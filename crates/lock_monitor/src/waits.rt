//! Waits of a monitor. Each gives its guard back.
ghost use Rattle.std.specs.Prelude.{◌≡◌, ◌<◌, false, true};
ghost use Rattle.std.specs.Fn.{FnOnceReturnsAtMut};
ghost use Rattle.std.specs.Iterator.Runs.{CallKeepsClosure};
ghost use Rattle.std.specs.Sync.Condvar.{AnsweredAt, StoppedAt};
ghost use Rattle.core_clocks.specs.Clocks.{HasPassed};
ghost use Rattle.lock_raw.specs.Answers.{late_answer};
ghost use Rattle.lock_api.specs.Conditions.{WaitedOrNot};
ghost use Rattle.lock_api.specs.Guards.{lock_of, value_of};
ghost use Rattle.lock_monitor.specs.Conditions.{At, CameWaitedAndWent, WaitsAtLast, WaitsOften};
ghost use Rattle.lock_monitor.specs.Conditions.{WaitsOftenInTime};
ghost use Rattle.spec_locks.specs.declared.calls.MutexCall.TheVariants.{Lock, Unlock};
ghost use Rattle.spec_locks.specs.declared.outcomes.Answer.TheVariants as answers;

use crate::monitor::Monitor;
use crate::retries::{wait_on, wait_until_on, wait_while_on, wait_while_until_on};
use core_clocks::Clock;
use lock_api::condvar::TokenOf;
use lock_api::mutex::run_on;
use lock_api::{MutexGuard, RawCondvar, RawCondvarTimed};
use std::sync::Wait;

impl<R: RawCondvar, T, const N: usize> Monitor<R, T, N> {
    /// Gives the mutex up, waits to be notified on a condition variable, and takes the mutex again.
    pub fn wait<'a, W: Wait>(
        &self,
        rt: &W,
        token: &mut TokenOf<R>,
        guard: MutexGuard<'a, R::RawMutex, T>,
        at: usize,
    ) -> MutexGuard<'a, R::RawMutex, T>
        requires token { R.RawMutex.is_token_of (R.RawMutex.lot_of self.now.0) token.old }
        requires mutex { lock_of guard ≡ self.now.0 }
        requires number { at < N }
        ensures token { R.RawMutex.is_token_of (R.RawMutex.lot_of self.now.0) token.new
            × R.RawMutex.keeps_rights token.old token.new }
        ensures guard { lock_of result ≡ self.now.0 }
        ensures path { At self.now.1 at (λ condvar. WaitsAtLast
            (R.waited condvar self.now.0 false) answers.Ok token.old token.new) }
    {
        wait_on(self.condition(at), rt, token, guard)
    }

    /// Waits on a condition variable for as long as the condition holds of the value. It is called
    /// first, and again after each wait.
    pub fn wait_while<'a, W: Wait, F: FnMut(&mut T) -> bool + Drop>(
        &self,
        rt: &W,
        token: &mut TokenOf<R>,
        guard: MutexGuard<'a, R::RawMutex, T>,
        at: usize,
        condition: F,
    ) -> MutexGuard<'a, R::RawMutex, T>
        requires token { R.RawMutex.is_token_of (R.RawMutex.lot_of self.now.0) token.old }
        requires mutex { lock_of guard ≡ self.now.0 }
        requires number { at < N }
        requires callable { F.IsAlwaysCallable condition }
        ensures token { R.RawMutex.is_token_of (R.RawMutex.lot_of self.now.0) token.new
            × WaitedOrNot R.RawMutex.keeps_rights token.old token.new }
        ensures guard { lock_of result ≡ self.now.0 }
        ensures path { At self.now.1 at (λ condvar. WaitsOften
            (R.waited condvar self.now.0 false) answers.Ok token.old token.new) }
        ensures ended { StoppedAt F.step (CallKeepsClosure F.FnMut condition) condition
            (value_of result) }
    {
        wait_while_on(self.condition(at), rt, token, guard, condition)
    }

    /// Locks the mutex, waits on a condition variable for as long as the condition holds of the
    /// value, runs a closure on the value, and unlocks.
    pub fn with_while<W: Wait, U, C: FnMut(&mut T) -> bool + Drop, F: FnOnce(&mut T) -> U>(
        &self,
        rt: &W,
        token: &mut TokenOf<R>,
        at: usize,
        condition: C,
        f: F,
    ) -> U
        requires token { R.RawMutex.is_token_of (R.RawMutex.lot_of self.now.0) token.old }
        requires number { at < N }
        requires callable { C.IsAlwaysCallable condition × F.IsAlwaysCallable f }
        ensures token { R.RawMutex.is_token_of (R.RawMutex.lot_of self.now.0) token.new
            × R.RawMutex.keeps_rights token.old token.new }
        ensures ran { (found : T) × (left : T)
            × StoppedAt C.step (CallKeepsClosure C.FnMut condition) condition found
            × FnOnceReturnsAtMut F.FnOnce f found result left }
        ensures path { CameWaitedAndWent (R.RawMutex.took_steps self.now.0 Lock answers.Ok)
            (λ inside awake. At self.now.1 at (λ condvar. WaitsOften
            (R.waited condvar self.now.0 false) answers.Ok inside awake))
            (λ awake new. R.RawMutex.took_steps self.now.0 Unlock answers.Ok awake new
            × R.RawMutex.released self.now.0 Unlock awake new) token.old token.new }
    {
        let guard = self.lock(rt, token);
        let mut guard = self.wait_while(rt, token, guard, at, condition);
        let answer = run_on(&mut *guard, f);
        guard.unlock(rt, token);
        answer
    }
}

impl<R: RawCondvarTimed, T, const N: usize> Monitor<R, T, N> {
    /// Waits as `wait` does, or until the clock, in nanoseconds, has come to the deadline. Tells
    /// whether that was so.
    pub fn wait_until<'a, W: Wait, C: Clock>(
        &self,
        rt: &W,
        token: &mut TokenOf<R>,
        guard: MutexGuard<'a, R::RawMutex, T>,
        at: usize,
        clock: &C,
        deadline: u64,
    ) -> (MutexGuard<'a, R::RawMutex, T>, bool)
        requires token { R.RawMutex.is_token_of (R.RawMutex.lot_of self.now.0) token.old }
        requires mutex { lock_of guard ≡ self.now.0 }
        requires number { at < N }
        ensures token { R.RawMutex.is_token_of (R.RawMutex.lot_of self.now.0) token.new
            × R.RawMutex.keeps_rights token.old token.new }
        ensures guard { lock_of result.0 ≡ self.now.0 }
        ensures path { At self.now.1 at (λ condvar. WaitsAtLast
            (R.waited condvar self.now.0 true) (late_answer result.1) token.old token.new) }
        ensures late { result.1 ≡ true → HasPassed (C.tells clock.now) deadline }
    {
        wait_until_on(self.condition(at), rt, token, guard, clock, deadline)
    }

    /// Waits as `wait_while` does, or until the clock, in nanoseconds, has come to the deadline.
    /// The condition is called once more then, and the result tells whether it still held.
    pub fn wait_while_until<'a, W: Wait, C: Clock, F: FnMut(&mut T) -> bool + Drop>(
        &self,
        rt: &W,
        token: &mut TokenOf<R>,
        guard: MutexGuard<'a, R::RawMutex, T>,
        at: usize,
        condition: F,
        clock: &C,
        deadline: u64,
    ) -> (MutexGuard<'a, R::RawMutex, T>, bool)
        requires token { R.RawMutex.is_token_of (R.RawMutex.lot_of self.now.0) token.old }
        requires mutex { lock_of guard ≡ self.now.0 }
        requires number { at < N }
        requires callable { F.IsAlwaysCallable condition }
        ensures token { R.RawMutex.is_token_of (R.RawMutex.lot_of self.now.0) token.new
            × WaitedOrNot R.RawMutex.keeps_rights token.old token.new }
        ensures guard { lock_of result.0 ≡ self.now.0 }
        ensures path { At self.now.1 at (λ condvar. WaitsOftenInTime
            (R.waited condvar self.now.0 true) token.old token.new) }
        ensures ended { AnsweredAt F.step (CallKeepsClosure F.FnMut condition) condition
            result.1 (value_of result.0) }
        ensures late { result.1 ≡ true → HasPassed (C.tells clock.now) deadline }
    {
        wait_while_until_on(
            self.condition(at),
            rt,
            token,
            guard,
            condition,
            clock,
            deadline,
        )
    }
}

========

Retype the data exactly as it reads.

> [Result of this task]:
filename crates/lock_monitor/src/waits.rt
//! Waits of a monitor. Each gives its guard back.
ghost use Rattle.std.specs.Prelude.{◌≡◌, ◌<◌, false, true};
ghost use Rattle.std.specs.Fn.{FnOnceReturnsAtMut};
ghost use Rattle.std.specs.Iterator.Runs.{CallKeepsClosure};
ghost use Rattle.std.specs.Sync.Condvar.{AnsweredAt, StoppedAt};
ghost use Rattle.core_clocks.specs.Clocks.{HasPassed};
ghost use Rattle.lock_raw.specs.Answers.{late_answer};
ghost use Rattle.lock_api.specs.Conditions.{WaitedOrNot};
ghost use Rattle.lock_api.specs.Guards.{lock_of, value_of};
ghost use Rattle.lock_monitor.specs.Conditions.{At, CameWaitedAndWent, WaitsAtLast, WaitsOften};
ghost use Rattle.lock_monitor.specs.Conditions.{WaitsOftenInTime};
ghost use Rattle.spec_locks.specs.declared.calls.MutexCall.TheVariants.{Lock, Unlock};
ghost use Rattle.spec_locks.specs.declared.outcomes.Answer.TheVariants as answers;

use crate::monitor::Monitor;
use crate::retries::{wait_on, wait_until_on, wait_while_on, wait_while_until_on};
use core_clocks::Clock;
use lock_api::condvar::TokenOf;
use lock_api::mutex::run_on;
use lock_api::{MutexGuard, RawCondvar, RawCondvarTimed};
use std::sync::Wait;

impl<R: RawCondvar, T, const N: usize> Monitor<R, T, N> {
    /// Gives the mutex up, waits to be notified on a condition variable, and takes the mutex again.
    pub fn wait<'a, W: Wait>(
        &self,
        rt: &W,
        token: &mut TokenOf<R>,
        guard: MutexGuard<'a, R::RawMutex, T>,
        at: usize,
    ) -> MutexGuard<'a, R::RawMutex, T>
        requires token { R.RawMutex.is_token_of (R.RawMutex.lot_of self.now.0) token.old }
        requires mutex { lock_of guard ≡ self.now.0 }
        requires number { at < N }
        ensures token { R.RawMutex.is_token_of (R.RawMutex.lot_of self.now.0) token.new
            × R.RawMutex.keeps_rights token.old token.new }
        ensures guard { lock_of result ≡ self.now.0 }
        ensures path { At self.now.1 at (λ condvar. WaitsAtLast
            (R.waited condvar self.now.0 false) answers.Ok token.old token.new) }
    {
        wait_on(self.condition(at), rt, token, guard)
    }

    /// Waits on a condition variable for as long as the condition holds of the value. It is called
    /// first, and again after each wait.
    pub fn wait_while<'a, W: Wait, F: FnMut(&mut T) -> bool + Drop>(
        &self,
        rt: &W,
        token: &mut TokenOf<R>,
        guard: MutexGuard<'a, R::RawMutex, T>,
        at: usize,
        condition: F,
    ) -> MutexGuard<'a, R::RawMutex, T>
        requires token { R.RawMutex.is_token_of (R.RawMutex.lot_of self.now.0) token.old }
        requires mutex { lock_of guard ≡ self.now.0 }
        requires number { at < N }
        requires callable { F.IsAlwaysCallable condition }
        ensures token { R.RawMutex.is_token_of (R.RawMutex.lot_of self.now.0) token.new
            × WaitedOrNot R.RawMutex.keeps_rights token.old token.new }
        ensures guard { lock_of result ≡ self.now.0 }
        ensures path { At self.now.1 at (λ condvar. WaitsOften
            (R.waited condvar self.now.0 false) answers.Ok token.old token.new) }
        ensures ended { StoppedAt F.step (CallKeepsClosure F.FnMut condition) condition
            (value_of result) }
    {
        wait_while_on(self.condition(at), rt, token, guard, condition)
    }

    /// Locks the mutex, waits on a condition variable for as long as the condition holds of the
    /// value, runs a closure on the value, and unlocks.
    pub fn with_while<W: Wait, U, C: FnMut(&mut T) -> bool + Drop, F: FnOnce(&mut T) -> U>(
        &self,
        rt: &W,
        token: &mut TokenOf<R>,
        at: usize,
        condition: C,
        f: F,
    ) -> U
        requires token { R.RawMutex.is_token_of (R.RawMutex.lot_of self.now.0) token.old }
        requires number { at < N }
        requires callable { C.IsAlwaysCallable condition × F.IsAlwaysCallable f }
        ensures token { R.RawMutex.is_token_of (R.RawMutex.lot_of self.now.0) token.new
            × R.RawMutex.keeps_rights token.old token.new }
        ensures ran { (found : T) × (left : T)
            × StoppedAt C.step (CallKeepsClosure C.FnMut condition) condition found
            × FnOnceReturnsAtMut F.FnOnce f found result left }
        ensures path { CameWaitedAndWent (R.RawMutex.took_steps self.now.0 Lock answers.Ok)
            (λ inside awake. At self.now.1 at (λ condvar. WaitsOften
            (R.waited condvar self.now.0 false) answers.Ok inside awake))
            (λ awake new. R.RawMutex.took_steps self.now.0 Unlock answers.Ok awake new
            × R.RawMutex.released self.now.0 Unlock awake new) token.old token.new }
    {
        let guard = self.lock(rt, token);
        let mut guard = self.wait_while(rt, token, guard, at, condition);
        let answer = run_on(&mut *guard, f);
        guard.unlock(rt, token);
        answer
    }
}

impl<R: RawCondvarTimed, T, const N: usize> Monitor<R, T, N> {
    /// Waits as `wait` does, or until the clock, in nanoseconds, has come to the deadline. Tells
    /// whether that was so.
    pub fn wait_until<'a, W: Wait, C: Clock>(
        &self,
        rt: &W,
        token: &mut TokenOf<R>,
        guard: MutexGuard<'a, R::RawMutex, T>,
        at: usize,
        clock: &C,
        deadline: u64,
    ) -> (MutexGuard<'a, R::RawMutex, T>, bool)
        requires token { R.RawMutex.is_token_of (R.RawMutex.lot_of self.now.0) token.old }
        requires mutex { lock_of guard ≡ self.now.0 }
        requires number { at < N }
        ensures token { R.RawMutex.is_token_of (R.RawMutex.lot_of self.now.0) token.new
            × R.RawMutex.keeps_rights token.old token.new }
        ensures guard { lock_of result.0 ≡ self.now.0 }
        ensures path { At self.now.1 at (λ condvar. WaitsAtLast
            (R.waited condvar self.now.0 true) (late_answer result.1) token.old token.new) }
        ensures late { result.1 ≡ true → HasPassed (C.tells clock.now) deadline }
    {
        wait_until_on(self.condition(at), rt, token, guard, clock, deadline)
    }

    /// Waits as `wait_while` does, or until the clock, in nanoseconds, has come to the deadline.
    /// The condition is called once more then, and the result tells whether it still held.
    pub fn wait_while_until<'a, W: Wait, C: Clock, F: FnMut(&mut T) -> bool + Drop>(
        &self,
        rt: &W,
        token: &mut TokenOf<R>,
        guard: MutexGuard<'a, R::RawMutex, T>,
        at: usize,
        condition: F,
        clock: &C,
        deadline: u64,
    ) -> (MutexGuard<'a, R::RawMutex, T>, bool)
        requires token { R.RawMutex.is_token_of (R.RawMutex.lot_of self.now.0) token.old }
        requires mutex { lock_of guard ≡ self.now.0 }
        requires number { at < N }
        requires callable { F.IsAlwaysCallable condition }
        ensures token { R.RawMutex.is_token_of (R.RawMutex.lot_of self.now.0) token.new
            × WaitedOrNot R.RawMutex.keeps_rights token.old token.new }
        ensures guard { lock_of result.0 ≡ self.now.0 }
        ensures path { At self.now.1 at (λ condvar. WaitsOftenInTime
            (R.waited condvar self.now.0 true) token.old token.new) }
        ensures ended { AnsweredAt F.step (CallKeepsClosure F.FnMut condition) condition
            result.1 (value_of result.0) }
        ensures late { result.1 ≡ true → HasPassed (C.tells clock.now) deadline }
    {
        wait_while_until_on(
            self.condition(at),
            rt,
            token,
            guard,
            condition,
            clock,
            deadline,
        )
    }
}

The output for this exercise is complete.